Saved data entries:
»»

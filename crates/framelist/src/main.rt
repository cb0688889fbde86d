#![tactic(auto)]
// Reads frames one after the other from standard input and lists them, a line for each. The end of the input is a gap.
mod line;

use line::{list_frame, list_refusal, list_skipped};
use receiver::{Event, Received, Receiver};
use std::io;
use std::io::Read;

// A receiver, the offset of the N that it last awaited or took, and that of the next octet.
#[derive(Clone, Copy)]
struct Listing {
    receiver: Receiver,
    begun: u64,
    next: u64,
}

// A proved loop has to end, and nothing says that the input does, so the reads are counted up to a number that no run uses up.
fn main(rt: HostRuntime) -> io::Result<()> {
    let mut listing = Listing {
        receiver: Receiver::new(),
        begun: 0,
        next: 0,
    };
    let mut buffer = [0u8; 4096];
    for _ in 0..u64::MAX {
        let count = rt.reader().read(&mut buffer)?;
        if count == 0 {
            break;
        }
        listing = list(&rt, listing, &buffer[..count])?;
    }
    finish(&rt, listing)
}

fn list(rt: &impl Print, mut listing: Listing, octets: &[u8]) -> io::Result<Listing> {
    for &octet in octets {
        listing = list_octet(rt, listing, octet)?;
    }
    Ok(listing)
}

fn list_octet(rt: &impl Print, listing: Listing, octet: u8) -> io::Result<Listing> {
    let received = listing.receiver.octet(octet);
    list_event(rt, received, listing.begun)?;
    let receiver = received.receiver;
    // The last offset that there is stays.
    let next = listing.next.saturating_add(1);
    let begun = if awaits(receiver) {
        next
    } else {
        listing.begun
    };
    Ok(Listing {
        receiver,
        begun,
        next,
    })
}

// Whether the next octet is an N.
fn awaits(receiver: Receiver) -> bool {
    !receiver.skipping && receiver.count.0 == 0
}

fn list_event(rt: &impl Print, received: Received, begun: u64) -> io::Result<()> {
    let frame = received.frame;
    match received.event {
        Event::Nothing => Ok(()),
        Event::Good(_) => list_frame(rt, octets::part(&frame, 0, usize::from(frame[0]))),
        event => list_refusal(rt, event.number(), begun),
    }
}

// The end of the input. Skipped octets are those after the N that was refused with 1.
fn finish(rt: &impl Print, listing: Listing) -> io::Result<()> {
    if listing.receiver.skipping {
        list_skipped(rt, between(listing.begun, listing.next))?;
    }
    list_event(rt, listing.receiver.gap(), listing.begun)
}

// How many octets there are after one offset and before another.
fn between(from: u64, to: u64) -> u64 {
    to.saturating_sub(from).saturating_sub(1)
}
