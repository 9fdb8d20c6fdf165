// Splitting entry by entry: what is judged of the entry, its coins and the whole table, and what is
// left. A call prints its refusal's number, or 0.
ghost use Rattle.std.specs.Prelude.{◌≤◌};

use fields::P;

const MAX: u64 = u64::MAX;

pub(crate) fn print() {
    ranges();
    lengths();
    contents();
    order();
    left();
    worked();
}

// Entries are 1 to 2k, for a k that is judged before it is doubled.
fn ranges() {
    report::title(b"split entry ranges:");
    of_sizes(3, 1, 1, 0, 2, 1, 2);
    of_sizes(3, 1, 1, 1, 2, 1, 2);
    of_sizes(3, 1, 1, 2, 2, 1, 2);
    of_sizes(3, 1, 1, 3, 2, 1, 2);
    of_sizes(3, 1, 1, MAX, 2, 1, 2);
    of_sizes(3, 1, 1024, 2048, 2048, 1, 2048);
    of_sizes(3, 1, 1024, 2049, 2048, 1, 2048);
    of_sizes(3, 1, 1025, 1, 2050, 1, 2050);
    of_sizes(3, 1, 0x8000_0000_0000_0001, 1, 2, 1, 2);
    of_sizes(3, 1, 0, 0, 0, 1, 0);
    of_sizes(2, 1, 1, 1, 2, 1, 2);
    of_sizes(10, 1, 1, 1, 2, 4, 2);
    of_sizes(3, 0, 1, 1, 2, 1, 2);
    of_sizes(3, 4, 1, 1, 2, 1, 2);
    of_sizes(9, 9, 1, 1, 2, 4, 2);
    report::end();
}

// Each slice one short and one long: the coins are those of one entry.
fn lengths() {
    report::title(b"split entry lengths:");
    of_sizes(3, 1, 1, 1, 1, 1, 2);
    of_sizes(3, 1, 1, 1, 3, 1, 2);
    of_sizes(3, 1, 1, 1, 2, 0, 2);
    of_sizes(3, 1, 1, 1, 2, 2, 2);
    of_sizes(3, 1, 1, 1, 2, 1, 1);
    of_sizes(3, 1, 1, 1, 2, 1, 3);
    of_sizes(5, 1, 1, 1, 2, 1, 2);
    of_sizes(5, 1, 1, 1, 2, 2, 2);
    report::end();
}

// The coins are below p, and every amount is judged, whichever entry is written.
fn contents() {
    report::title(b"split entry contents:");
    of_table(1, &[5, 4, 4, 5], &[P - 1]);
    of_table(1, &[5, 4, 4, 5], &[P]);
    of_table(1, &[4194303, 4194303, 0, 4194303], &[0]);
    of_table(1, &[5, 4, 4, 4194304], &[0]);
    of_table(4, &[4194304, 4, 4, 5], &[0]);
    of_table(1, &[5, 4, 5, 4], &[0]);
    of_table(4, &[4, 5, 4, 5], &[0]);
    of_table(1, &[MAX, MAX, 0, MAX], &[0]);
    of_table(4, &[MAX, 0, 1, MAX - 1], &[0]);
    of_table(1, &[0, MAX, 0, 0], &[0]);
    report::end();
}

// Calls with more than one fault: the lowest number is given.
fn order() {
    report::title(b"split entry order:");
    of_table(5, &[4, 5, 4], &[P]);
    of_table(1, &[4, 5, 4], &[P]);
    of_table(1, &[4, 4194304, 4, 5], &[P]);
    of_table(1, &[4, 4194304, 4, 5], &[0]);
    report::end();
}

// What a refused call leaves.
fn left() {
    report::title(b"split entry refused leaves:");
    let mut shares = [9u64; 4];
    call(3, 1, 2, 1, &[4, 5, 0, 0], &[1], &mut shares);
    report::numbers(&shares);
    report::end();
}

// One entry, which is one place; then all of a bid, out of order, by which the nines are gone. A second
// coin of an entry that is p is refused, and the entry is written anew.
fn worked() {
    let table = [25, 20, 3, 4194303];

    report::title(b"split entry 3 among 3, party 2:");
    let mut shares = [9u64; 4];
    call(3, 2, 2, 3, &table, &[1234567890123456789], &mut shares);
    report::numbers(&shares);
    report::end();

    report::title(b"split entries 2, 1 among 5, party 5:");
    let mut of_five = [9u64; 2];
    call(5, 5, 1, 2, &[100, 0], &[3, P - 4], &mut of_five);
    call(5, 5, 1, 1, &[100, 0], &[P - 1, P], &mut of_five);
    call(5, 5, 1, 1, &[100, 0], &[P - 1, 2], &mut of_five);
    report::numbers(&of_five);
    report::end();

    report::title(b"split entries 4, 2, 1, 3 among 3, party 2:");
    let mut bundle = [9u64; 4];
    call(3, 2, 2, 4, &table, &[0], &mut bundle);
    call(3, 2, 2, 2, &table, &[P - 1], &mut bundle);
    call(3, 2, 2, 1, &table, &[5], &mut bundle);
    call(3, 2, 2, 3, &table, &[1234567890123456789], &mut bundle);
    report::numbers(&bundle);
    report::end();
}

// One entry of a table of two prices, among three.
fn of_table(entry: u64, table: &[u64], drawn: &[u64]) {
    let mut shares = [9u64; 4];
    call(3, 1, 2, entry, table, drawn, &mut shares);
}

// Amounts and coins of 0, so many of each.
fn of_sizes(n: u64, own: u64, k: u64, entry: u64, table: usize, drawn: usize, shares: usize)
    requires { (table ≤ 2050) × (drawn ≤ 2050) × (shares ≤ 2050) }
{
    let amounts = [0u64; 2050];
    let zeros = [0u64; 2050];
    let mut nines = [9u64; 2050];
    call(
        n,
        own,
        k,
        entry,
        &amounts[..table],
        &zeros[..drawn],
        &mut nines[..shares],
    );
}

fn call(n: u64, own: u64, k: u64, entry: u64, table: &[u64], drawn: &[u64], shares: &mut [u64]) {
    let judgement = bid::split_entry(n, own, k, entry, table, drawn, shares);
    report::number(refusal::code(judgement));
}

««

● EXERCISE OBJECTIVE: From the entries above, extract only the lines running from the one containing "let receiver = received.receiver;" through the one containing "use fields::P;", inclusive.

● WRITTEN SOLUTION:
    let receiver = received.receiver;
    // The last offset that there is stays.
    let next = listing.next.saturating_add(1);
    let begun = if awaits(receiver) {
        next
    } else {
        listing.begun
    };
    Ok(Listing {
        receiver,
        begun,
        next,
    })
}

// Whether the next octet is an N.
fn awaits(receiver: Receiver) -> bool {
    !receiver.skipping && receiver.count.0 == 0
}

fn list_event(rt: &impl Print, received: Received, begun: u64) -> io::Result<()> {
    let frame = received.frame;
    match received.event {
        Event::Nothing => Ok(()),
        Event::Good(_) => list_frame(rt, octets::part(&frame, 0, usize::from(frame[0]))),
        event => list_refusal(rt, event.number(), begun),
    }
}

// The end of the input. Skipped octets are those after the N that was refused with 1.
fn finish(rt: &impl Print, listing: Listing) -> io::Result<()> {
    if listing.receiver.skipping {
        list_skipped(rt, between(listing.begun, listing.next))?;
    }
    list_event(rt, listing.receiver.gap(), listing.begun)
}

// How many octets there are after one offset and before another.
fn between(from: u64, to: u64) -> u64 {
    to.saturating_sub(from).saturating_sub(1)
}
repository 9fdb8d20c6fdf165
// Splitting entry by entry: what is judged of the entry, its coins and the whole table, and what is
// left. A call prints its refusal's number, or 0.
ghost use Rattle.std.specs.Prelude.{◌≤◌};

use fields::P;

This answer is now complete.